* STORED DATA
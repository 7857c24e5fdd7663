// Calls that stay within the size, so that what they answer is Ok or the fault of GONE.
ghost use Rattle.std.specs.Prelude.{◌≡◌, ◌+◌, ◌≤◌, length};
ghost use Rattle.storage.specs.Calls.{Reading, Writing, Syncing};
ghost use Rattle.storage.specs.Inside.{OnReadInside, OnWriteInside, OnSyncInside};
ghost use Rattle.storage.specs.Layers.{Inside, lowered};

use crate::refusal::Refusal;
use crate::storage::Storage;

fn lower<O: Drop, G>(answer: Result<(), Refusal<O, G>>) -> Result<(), G>
    requires { Inside answer }
    ensures { lowered result ≡ answer }
{
    answer.map_err(|refusal| match refusal {
        Refusal::Gone(fault) => fault,
        // The contract rules this arm out; it is the one such place.
        Refusal::Outside(_) => unreachable(),
    })
}

pub fn read_inside<S: Storage>(s: &mut S, offset: usize, buf: &mut [u8]) -> Result<(), S::Gone>
    requires in_order { (S.Storage.means s.old).in_order }
    requires fits { offset + length buf.old ≤ (S.Storage.means s.old).size }
    ensures in_order { (S.Storage.means s.new).in_order }
    ensures does { OnReadInside offset buf.old buf.new (S.Storage.means s.old) (S.Storage.means s.new) result }
    ensures did { S.Storage.did s.old (Reading offset (length buf.old)) (lowered result) s.new }
{
    lower(s.read(offset, buf))
}

pub fn write_inside<S: Storage>(s: &mut S, offset: usize, bytes: &[u8]) -> Result<(), S::Gone>
    requires in_order { (S.Storage.means s.old).in_order }
    requires fits { offset + length bytes.now ≤ (S.Storage.means s.old).size }
    ensures in_order { (S.Storage.means s.new).in_order }
    ensures does { OnWriteInside offset bytes.now (S.Storage.means s.old) (S.Storage.means s.new) result }
    ensures did { S.Storage.did s.old (Writing offset bytes.now) (lowered result) s.new }
{
    lower(s.write(offset, bytes))
}

pub fn sync_inside<S: Storage>(s: &mut S) -> Result<(), S::Gone>
    requires { (S.Storage.means s.old).in_order }
    ensures in_order { (S.Storage.means s.new).in_order }
    ensures does { OnSyncInside (S.Storage.means s.old) (S.Storage.means s.new) result }
    ensures did { S.Storage.did s.old Syncing (lowered result) s.new }
{
    lower(s.sync())
}
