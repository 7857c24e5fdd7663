// A storage whose power can be cut.
ghost use Rattle.std.specs.Prelude.{◌≡◌, ℕ, List, OnOk};
ghost use Rattle.storage.specs.Cuts.{OnCut};
ghost use Rattle.storage.specs.Meaning.{Same};
ghost use Rattle.storage.specs.declared.life.Life.{Life};
ghost use Rattle.storage.specs.declared.life.Life.TheVariants.{Left};

use crate::refusal::BadMount;
use crate::storage::Storage;

pub trait Cuttable: Storage {
    ghost life: { Self → Life };

    // The content that a cut with these choice bytes leaves.
    ghost keeps: { Self → List ℕ → List ℕ };

    // What its kind promises of setting the life, beyond the meaning.
    ghost sets: { Self → ℕ → Self → Type 0 };

    // What its kind promises of a cut with these choice bytes and the mount after it, beyond the meaning.
    ghost cuts: { Self → List ℕ → Self → Type 0 };

    // So many steps are served from now on. One that is gone stays gone.
    fn set_life(&mut self, steps: u64)
        requires { (Self.Storage.means self.old).in_order }
        ensures in_order { (Self.Storage.means self.new).in_order }
        ensures same { Same (Self.Storage.means self.old) (Self.Storage.means self.new) }
        ensures life { life self.new ≡ Left steps }
        ensures sets { sets self.old steps self.new };

    // Power fails, and the storage is mounted again.
    fn cut(&mut self, choices: &[u8]) -> Result<(), BadMount<()>>
        requires { (Self.Storage.means self.old).in_order }
        ensures in_order { (Self.Storage.means self.new).in_order }
        ensures does { OnCut Self.Storage.means life keeps choices.now self.old self.new result }
        ensures cuts { OnOk result (cuts self.old choices.now self.new) };
}
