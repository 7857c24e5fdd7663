// The parts of a range that lie in one sector each.
ghost use Rattle.std.specs.Prelude.{◌+◌, ◌^◌, ◌<◌, ◌≤◌};

// A part of a range, by where it begins and ends within the range.
#[derive(Clone, Copy, PartialEq, Eq, Debug)]
pub struct Piece {
    pub from: usize,
    pub to: usize,
}

// The pieces of a range that are to come, in rising order.
#[derive(Drop)]
pub struct Pieces {
    pub offset: usize,
    pub count: usize,
    pub done: usize,
    ghost within: { done ≤ count },
    ghost small: { offset + count < 2 ^ 64 },
}
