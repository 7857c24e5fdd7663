// The sizes that a storage is made of.
ghost use Rattle.std.specs.Prelude.{◌≡◌, ◌+◌, ◌-◌, ◌%◌, min, true, false, Decides, nat_lt};
ghost use Rattle.storage.specs.Sizes.{SizeRule, sector_width};

// The bytes that arrive together or not at all, where a write covers them all.
pub const CELL: usize = 16;

pub const SECTOR: usize = 512;

const LEAST_SIZE: usize = 4_096;

const MOST_SIZE: usize = 16_777_216;

pub fn keeps_size_rule(size: usize) -> bool
    ensures { Decides result (SizeRule size) }
{
    size % SECTOR == 0 && (LEAST_SIZE..=MOST_SIZE).contains(&size)
}

// Whether a range passes the size. No sum is formed, so none is too large.
pub fn passes(size: usize, offset: usize, count: usize) -> bool
    ensures { result ≡ nat_lt size (offset + count) }
{
    offset > size || count > size - offset
}

// How many of the bytes that are left lie in the sector of an offset.
pub fn in_sector(at: usize, rest: usize) -> usize
    ensures { result ≡ min (sector_width - at % sector_width) rest }
{
    (SECTOR - at % SECTOR).min(rest)
}
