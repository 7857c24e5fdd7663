// Bytes copied into a range and out of it.
ghost use Rattle.std.specs.Prelude.{◌≡◌, ◌+◌, ◌≤◌, length};
ghost use Rattle.storage.specs.Cells.{laid, part};

pub fn lay(all: &mut [u8], from: usize, bytes: &[u8])
    requires { from + length bytes.now ≤ length all.old }
    ensures { all.new ≡ laid from bytes.now all.old }
{
    all[from..from + bytes.len()].copy_from_slice(bytes);
}

pub fn fetch(all: &[u8], from: usize, buf: &mut [u8])
    requires { from + length buf.old ≤ length all.now }
    ensures { buf.new ≡ part from (length buf.old) all.now }
{
    buf.copy_from_slice(&all[from..from + buf.len()]);
}
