// A storage: the calls that every kind serves, and what they mean.
ghost use Rattle.std.specs.Prelude.{◌≡◌, ℕ, List, length};
ghost use Rattle.storage.specs.Calls.{Call, Reading, Writing, Syncing, OnRead, OnWrite, OnSync};
ghost use Rattle.storage.specs.Meaning.{Meaning, Lawful};
ghost use Rattle.storage.specs.Refusals.{Answer, told};

use crate::refusal::{Chain, Refusal};

// That the storage is in order is asked of each call and not a fact of a type around it: code
// that only passes the storage on would not learn it from the type.
pub trait Storage {
    // The fault of a call past the size.
    type Outside: Chain + Drop;

    // The fault of a call on a storage that does not live.
    type Gone: Chain + Drop;

    // The name that its faults begin with.
    ghost name: { List ℕ };

    ghost means: { Self → Meaning };

    // What its kind promises of a call and its answer, beyond the meaning: exactly when it
    // is gone, what its fault holds, which calls it makes below, and in what order.
    ghost did: { Self → Call → Answer Self.Outside Self.Gone → Self → Type 0 };

    fn size(&self) -> usize
        requires { (means self.now).in_order }
        ensures { result ≡ (means self.now).size };

    fn read(
        &mut self,
        offset: usize,
        buf: &mut [u8],
    ) -> Result<(), Refusal<Self::Outside, Self::Gone>>
        requires { (means self.old).in_order }
        ensures in_order { (means self.new).in_order }
        ensures does { OnRead (told Self.Outside.Chain.links Self.Gone.Chain.links) name offset buf.old buf.new (means self.old) (means self.new) result }
        ensures did { did self.old (Reading offset (length buf.old)) result self.new };

    fn write(
        &mut self,
        offset: usize,
        bytes: &[u8],
    ) -> Result<(), Refusal<Self::Outside, Self::Gone>>
        requires { (means self.old).in_order }
        ensures in_order { (means self.new).in_order }
        ensures does { OnWrite (told Self.Outside.Chain.links Self.Gone.Chain.links) name offset bytes.now (means self.old) (means self.new) result }
        ensures did { did self.old (Writing offset bytes.now) result self.new };

    fn sync(&mut self) -> Result<(), Refusal<Self::Outside, Self::Gone>>
        requires { (means self.old).in_order }
        ensures in_order { (means self.new).in_order }
        ensures does { OnSync (told Self.Outside.Chain.links Self.Gone.Chain.links) name (means self.old) (means self.new) result }
        ensures did { did self.old Syncing result self.new };

    // What its meaning keeps while it is in order: every `impl` proves it.
    ghost lawful: { (s : Self) → (means s).in_order → Lawful (means s) };
}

* ASSIGNED TASK
Reproduce the entries above exactly, starting at their first line and finishing with the line that contains "use crate::refusal::Refusal;".

* ANSWER BOX
repository 7857c24e5fdd7663
// Calls that stay within the size, so that what they answer is Ok or the fault of GONE.
ghost use Rattle.std.specs.Prelude.{◌≡◌, ◌+◌, ◌≤◌, length};
ghost use Rattle.storage.specs.Calls.{Reading, Writing, Syncing};
ghost use Rattle.storage.specs.Inside.{OnReadInside, OnWriteInside, OnSyncInside};
ghost use Rattle.storage.specs.Layers.{Inside, lowered};

use crate::refusal::Refusal;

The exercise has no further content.